DATASET CONTENT
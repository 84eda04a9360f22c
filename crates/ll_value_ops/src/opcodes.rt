ghost use Rattle.std.specs.Prelude.{◌≡◌, IfErr, IfOk, MatchOption, MatchResult, length};
ghost use Rattle.kern_lanes.specs.declared.binary.BinOp.{BinOp};
ghost use Rattle.kern_lanes.specs.declared.comparison.Pred.{Pred};
ghost use Rattle.ll_tokens.specs.Tokens.{lexemes_of};
ghost use Rattle.ll_tree.specs.declared.op.CastKind.{CastKind};
ghost use Rattle.ll_tree.specs.declared.op.FlagWord.{FlagWord};
ghost use Rattle.ll_parser.specs.GrammarInsts.{binary_word, flag, flag_word, predicate_word};
ghost use Rattle.ll_parser.specs.GrammarValues.{cast_word};
ghost use Rattle.ll_parser.specs.Productions.{word};
ghost use Rattle.ll_parser.specs.Reading.{DerivesNone, EndsNowhere};
ghost use Rattle.ll_value_ops.specs.declared.opcodes.ValueOpcode.{ValueOpcode};
ghost use Rattle.ll_value_ops.specs.ValueOpcodes.{any_flag, flags_here, opcode_word, value_word};

use kern_lanes::{BinOp, Pred};
use ll_parser::{Refusal, last, split_first, unexpected};
use ll_tokens::{Token, TokenKind};
use ll_tree::{CastKind, Flag, FlagWord};
use sqlite_items::Items;
use std::alloc::{AllocError, Global};

/// The instructions on values, by the words with which they begin (LLVM 14, Instruction Reference).
#[derive(Clone, Copy, Debug, PartialEq, Eq)]
pub enum ValueOpcode {
    Binary(BinOp),
    Compare,
    Select,
    Cast(CastKind),
    ExtractElement,
    InsertElement,
    ShuffleVector,
    ExtractValue,
}

/// The instruction with whose word the tokens begin, and the tokens behind it. None exactly where they begin with no such word.
pub fn take_opcode<'t, 'a>(tokens: &'t [Token<'a>]) -> Option<(ValueOpcode, &'t [Token<'a>])>
    ensures { MatchOption result (EndsNowhere value_word (lexemes_of tokens.now))
        (λ r. word (opcode_word r.0) (lexemes_of tokens.now) (lexemes_of r.1.now)) }
{
    match split_first(tokens) {
        Some((first, rest)) if first.kind == TokenKind::Word => match opcode_of_word(first.text) {
            Some(opcode) => Some((opcode, rest)),
            None => None,
        },
        _ => None,
    }
}

/// The instruction that begins with a word. None exactly where none does.
fn opcode_of_word(word: &str) -> Option<ValueOpcode>
    ensures { MatchOption result
        ((opcode : ValueOpcode) → word.now ≡ opcode_word opcode → ⊥)
        (λ opcode. word.now ≡ opcode_word opcode) }
{
    match word {
        "icmp" => Some(ValueOpcode::Compare),
        "select" => Some(ValueOpcode::Select),
        "extractelement" => Some(ValueOpcode::ExtractElement),
        "insertelement" => Some(ValueOpcode::InsertElement),
        "shufflevector" => Some(ValueOpcode::ShuffleVector),
        "extractvalue" => Some(ValueOpcode::ExtractValue),
        _ => match binary_of_word(word) {
            Some(op) => Some(ValueOpcode::Binary(op)),
            None => match cast_of_word(word) {
                Some(kind) => Some(ValueOpcode::Cast(kind)),
                None => None,
            },
        },
    }
}

/// The binary operation that a word names. None exactly where it names none.
fn binary_of_word(word: &str) -> Option<BinOp>
    ensures { MatchOption result
        ((op : BinOp) → word.now ≡ binary_word op → ⊥)
        (λ op. word.now ≡ binary_word op) }
{
    match word {
        "add" => Some(BinOp::Add),
        "sub" => Some(BinOp::Sub),
        "mul" => Some(BinOp::Mul),
        "udiv" => Some(BinOp::UDiv),
        "sdiv" => Some(BinOp::SDiv),
        "urem" => Some(BinOp::URem),
        "srem" => Some(BinOp::SRem),
        "shl" => Some(BinOp::Shl),
        "lshr" => Some(BinOp::LShr),
        "ashr" => Some(BinOp::AShr),
        "and" => Some(BinOp::And),
        "or" => Some(BinOp::Or),
        "xor" => Some(BinOp::Xor),
        _ => None,
    }
}

/// The conversion that a word names. None exactly where it names none.
fn cast_of_word(word: &str) -> Option<CastKind>
    ensures { MatchOption result
        ((kind : CastKind) → word.now ≡ cast_word kind → ⊥)
        (λ kind. word.now ≡ cast_word kind) }
{
    match word {
        "trunc" => Some(CastKind::Trunc),
        "zext" => Some(CastKind::Zext),
        "sext" => Some(CastKind::Sext),
        "ptrtoint" => Some(CastKind::PtrToInt),
        "inttoptr" => Some(CastKind::IntToPtr),
        "bitcast" => Some(CastKind::Bitcast),
        "addrspacecast" => Some(CastKind::AddrSpaceCast),
        _ => None,
    }
}

/// The predicate with whose word the tokens begin, and the tokens behind it (LLVM 14, `icmp`). It fails by rule 3 at the first
/// token.
pub fn take_predicate<'t, 'a>(tokens: &'t [Token<'a>]) -> Result<(Pred, &'t [Token<'a>]), Refusal>
    ensures read { MatchResult result
        (λ r. word (predicate_word r.0) (lexemes_of tokens.now) (lexemes_of r.1.now))
        (λ refusal. DerivesNone (λ predicate. word (predicate_word predicate)) (lexemes_of tokens.now)) }
    ensures place { IfErr result (λ refusal. refusal ≡ record { rule = 3; left = length tokens.now }) }
{
    match split_first(tokens) {
        Some((first, rest)) if first.kind == TokenKind::Word => {
            match predicate_of_word(first.text) {
                Some(predicate) => Ok((predicate, rest)),
                None => Err(unexpected(tokens)),
            }
        }
        _ => Err(unexpected(tokens)),
    }
}

/// The predicate that a word names. None exactly where it names none.
fn predicate_of_word(word: &str) -> Option<Pred>
    ensures { MatchOption result
        ((predicate : Pred) → word.now ≡ predicate_word predicate → ⊥)
        (λ predicate. word.now ≡ predicate_word predicate) }
{
    match word {
        "eq" => Some(Pred::Eq),
        "ne" => Some(Pred::Ne),
        "ugt" => Some(Pred::Ugt),
        "uge" => Some(Pred::Uge),
        "ult" => Some(Pred::Ult),
        "ule" => Some(Pred::Ule),
        "sgt" => Some(Pred::Sgt),
        "sge" => Some(Pred::Sge),
        "slt" => Some(Pred::Slt),
        "sle" => Some(Pred::Sle),
        _ => None,
    }
}

/// The flags with which the tokens begin, as many as there are, with their places, and the tokens behind them (LLVM 14, Binary
/// Operations).
pub fn take_flags<'t, 'a>(
    alloc: Global,
    tokens: &'t [Token<'a>],
) -> Result<(Items<Flag>, &'t [Token<'a>]), AllocError>
    ensures { IfOk result (λ r. flags_here r.0 (lexemes_of tokens.now) (lexemes_of r.1.now)) }
{
    let mut flags = Items::new(alloc);
    let mut left = tokens.len();
    while let Some((flag, behind)) = take_flag(last(tokens, left)) {
        flags.push(flag)?;
        left = behind.len();
    }
    Ok((flags, last(tokens, left)))
}

/// The flag with which the tokens begin, and the tokens behind it. None exactly where they begin with none.
fn take_flag<'t, 'a>(tokens: &'t [Token<'a>]) -> Option<(Flag, &'t [Token<'a>])>
    ensures { MatchOption result (EndsNowhere any_flag (lexemes_of tokens.now))
        (λ r. flag r.0 (lexemes_of tokens.now) (lexemes_of r.1.now)) }
{
    match split_first(tokens) {
        Some((first, rest)) if first.kind == TokenKind::Word => match flag_of_word(first.text) {
            Some(word) => Some((
                Flag {
                    word,
                    byte: first.byte,
                },
                rest,
            )),
            None => None,
        },
        _ => None,
    }
}

/// The flag that a word names. None exactly where it names none.
fn flag_of_word(word: &str) -> Option<FlagWord>
    ensures { MatchOption result
        ((flag : FlagWord) → word.now ≡ flag_word flag → ⊥)
        (λ flag. word.now ≡ flag_word flag) }
{
    match word {
        "nuw" => Some(FlagWord::Nuw),
        "nsw" => Some(FlagWord::Nsw),
        "exact" => Some(FlagWord::Exact),
        _ => None,
    }
}
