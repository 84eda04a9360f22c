ghost use Rattle.std.specs.Prelude.{◌≡◌, MatchOption, MatchResult};
ghost use Rattle.ll_tokens.specs.Tokens.{lexemes_of};
ghost use Rattle.ll_tree.specs.declared.op.Op.TheVariants as op;
ghost use Rattle.ll_parser.specs.NameReading.{ReadsWith};
ghost use Rattle.ll_parser.specs.Reading.{EndsNowhere};
ghost use Rattle.ll_operands.specs.Operands.{one_type_part};
ghost use Rattle.ll_operands.specs.Parts.{Refuses, ◌then◌};
ghost use Rattle.ll_value_ops.specs.declared.opcodes.ValueOpcode.TheVariants as opcode;
ghost use Rattle.ll_value_ops.specs.ValueOpcodes.{flags_part, predicate_part, value_word};
ghost use Rattle.ll_value_ops.specs.ValueOperations.{
  behind,
  behind_opcode,
  conversion_part,
  extraction_part,
  value_operation,
  value_operation_part,
};

use crate::opcodes::{ValueOpcode, take_flags, take_opcode, take_predicate};
use kern_lanes::BinOp;
use ll_operands::{OfOneType, Three, Two, read_of_one_type, read_three, read_two};
use ll_parser::{NameTable, ReadError, number, take_mark, take_word};
use ll_tokens::Token;
use ll_tree::{CastKind, Flag, Op};
use ll_types::{read_type, read_typed};
use sqlite_items::Items;
use std::alloc::Global;

/// The instruction on values with which the tokens begin, with all that belongs to it, and the tokens behind it (LLVM 14,
/// Instruction Reference). Names are numbered by the table. None exactly where the tokens begin with the word of no such
/// instruction; the table then stays as it is. It fails for want of memory, and at the first token that can't stand where it
/// does: by rule 4 where that is a number out of its range or a name of digits whose number is 2^31 or more, else by rule 3.
pub fn read_value_operation<'t, 'a>(
    alloc: Global,
    tokens: &'t [Token<'a>],
    names: &mut NameTable,
) -> Result<Option<(Op, &'t [Token<'a>])>, ReadError>
    ensures { MatchResult result
        (λ found. MatchOption found ((names.new ≡ names.old) × EndsNowhere value_word (lexemes_of tokens.now))
        (λ r. ReadsWith value_operation names.old names.new r.0 (lexemes_of tokens.now) (lexemes_of r.1.now)))
        (Refuses value_operation_part (lexemes_of tokens.now)) }
{
    match take_opcode(tokens) {
        Some((opcode, behind)) => {
            let (operation, rest) = read_behind(alloc, opcode, behind, names)?;
            Ok(Some((operation, rest)))
        }
        None => Ok(None),
    }
}

/// The instruction behind whose word the tokens begin, and the tokens behind it.
fn read_behind<'t, 'a>(
    alloc: Global,
    opcode: ValueOpcode,
    tokens: &'t [Token<'a>],
    names: &mut NameTable,
) -> Result<(Op, &'t [Token<'a>]), ReadError>
    ensures { MatchResult result
        (λ r. ReadsWith (behind opcode) names.old names.new r.0 (lexemes_of tokens.now) (lexemes_of r.1.now))
        (Refuses (behind_opcode opcode) (lexemes_of tokens.now)) }
{
    match opcode {
        ValueOpcode::Binary(op) => read_binary(alloc, op, tokens, names),
        ValueOpcode::Compare => read_comparison(alloc, tokens, names),
        ValueOpcode::Cast(kind) => read_conversion(alloc, kind, tokens, names),
        ValueOpcode::ExtractValue => read_extraction(alloc, tokens, names),
        ValueOpcode::ExtractElement => {
            let (operands, rest) = read_two(alloc, tokens, names)?;
            Ok((element_of(operands), rest))
        }
        ValueOpcode::Select => {
            let (operands, rest) = read_three(alloc, tokens, names)?;
            Ok((selection_of(operands), rest))
        }
        ValueOpcode::InsertElement => {
            let (operands, rest) = read_three(alloc, tokens, names)?;
            Ok((insertion_of(operands), rest))
        }
        ValueOpcode::ShuffleVector => {
            let (operands, rest) = read_three(alloc, tokens, names)?;
            Ok((shuffle_of(operands), rest))
        }
    }
}

/// A binary operation: flags, a type and two operands of it.
fn read_binary<'t, 'a>(
    alloc: Global,
    op: BinOp,
    tokens: &'t [Token<'a>],
    names: &mut NameTable,
) -> Result<(Op, &'t [Token<'a>]), ReadError>
    ensures { MatchResult result
        (λ r. ReadsWith (behind (opcode.Binary op)) names.old names.new r.0 (lexemes_of tokens.now) (lexemes_of r.1.now))
        (Refuses (flags_part then one_type_part) (lexemes_of tokens.now)) }
{
    let (flags, behind) = take_flags(alloc, tokens)?;
    let (operands, rest) = read_of_one_type(alloc, behind, names)?;
    Ok((binary_of(op, flags, operands), rest))
}

fn binary_of(kind: BinOp, flags: Items<Flag>, operands: OfOneType) -> Op
    ensures { result ≡ op.Binary kind flags operands.ty operands.left operands.right }
{
    let OfOneType { ty, left, right } = operands;
    Op::Binary {
        op: kind,
        flags,
        ty,
        left,
        right,
    }
}

/// A comparison: a predicate, a type and two operands of it.
fn read_comparison<'t, 'a>(
    alloc: Global,
    tokens: &'t [Token<'a>],
    names: &mut NameTable,
) -> Result<(Op, &'t [Token<'a>]), ReadError>
    ensures { MatchResult result
        (λ r. ReadsWith (behind opcode.Compare) names.old names.new r.0 (lexemes_of tokens.now) (lexemes_of r.1.now))
        (Refuses (predicate_part then one_type_part) (lexemes_of tokens.now)) }
{
    let (pred, behind) = take_predicate(tokens)?;
    let (operands, rest) = read_of_one_type(alloc, behind, names)?;
    let OfOneType { ty, left, right } = operands;
    Ok((
        Op::Compare {
            pred,
            ty,
            left,
            right,
        },
        rest,
    ))
}

/// A conversion: an operand, `to` and a type.
fn read_conversion<'t, 'a>(
    alloc: Global,
    kind: CastKind,
    tokens: &'t [Token<'a>],
    names: &mut NameTable,
) -> Result<(Op, &'t [Token<'a>]), ReadError>
    ensures { MatchResult result
        (λ r. ReadsWith (behind (opcode.Cast kind)) names.old names.new r.0 (lexemes_of tokens.now) (lexemes_of r.1.now))
        (Refuses conversion_part (lexemes_of tokens.now)) }
{
    let (operand, behind) = read_typed(alloc, tokens, names)?;
    let target = take_word(behind, "to")?;
    let (to, rest) = read_type(alloc, target, names)?;
    Ok((Op::Cast { kind, operand, to }, rest))
}

/// A part of an aggregate: the aggregate and the number of its part.
fn read_extraction<'t, 'a>(
    alloc: Global,
    tokens: &'t [Token<'a>],
    names: &mut NameTable,
) -> Result<(Op, &'t [Token<'a>]), ReadError>
    ensures { MatchResult result
        (λ r. ReadsWith (behind opcode.ExtractValue) names.old names.new r.0 (lexemes_of tokens.now) (lexemes_of r.1.now))
        (Refuses extraction_part (lexemes_of tokens.now)) }
{
    let (aggregate, behind) = read_typed(alloc, tokens, names)?;
    let after = take_mark(behind, b',')?;
    let (index, rest) = number(after)?;
    Ok((Op::ExtractValue { aggregate, index }, rest))
}

fn element_of(operands: Two) -> Op
    ensures { result ≡ op.ExtractElement operands.first operands.second }
{
    Op::ExtractElement {
        vector: operands.first,
        index: operands.second,
    }
}

fn selection_of(operands: Three) -> Op
    ensures { result ≡ op.Select operands.first operands.second operands.third }
{
    Op::Select {
        condition: operands.first,
        accepted: operands.second,
        rejected: operands.third,
    }
}

fn insertion_of(operands: Three) -> Op
    ensures { result ≡ op.InsertElement operands.first operands.second operands.third }
{
    Op::InsertElement {
        vector: operands.first,
        element: operands.second,
        index: operands.third,
    }
}

fn shuffle_of(operands: Three) -> Op
    ensures { result ≡ op.ShuffleVector operands.first operands.second operands.third }
{
    Op::ShuffleVector {
        left: operands.first,
        right: operands.second,
        mask: operands.third,
    }
}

YOUR ASSIGNMENT
Give the number of lines in the listing above that contain the word "AllocError", with no other text.

OUTPUT BELOW
2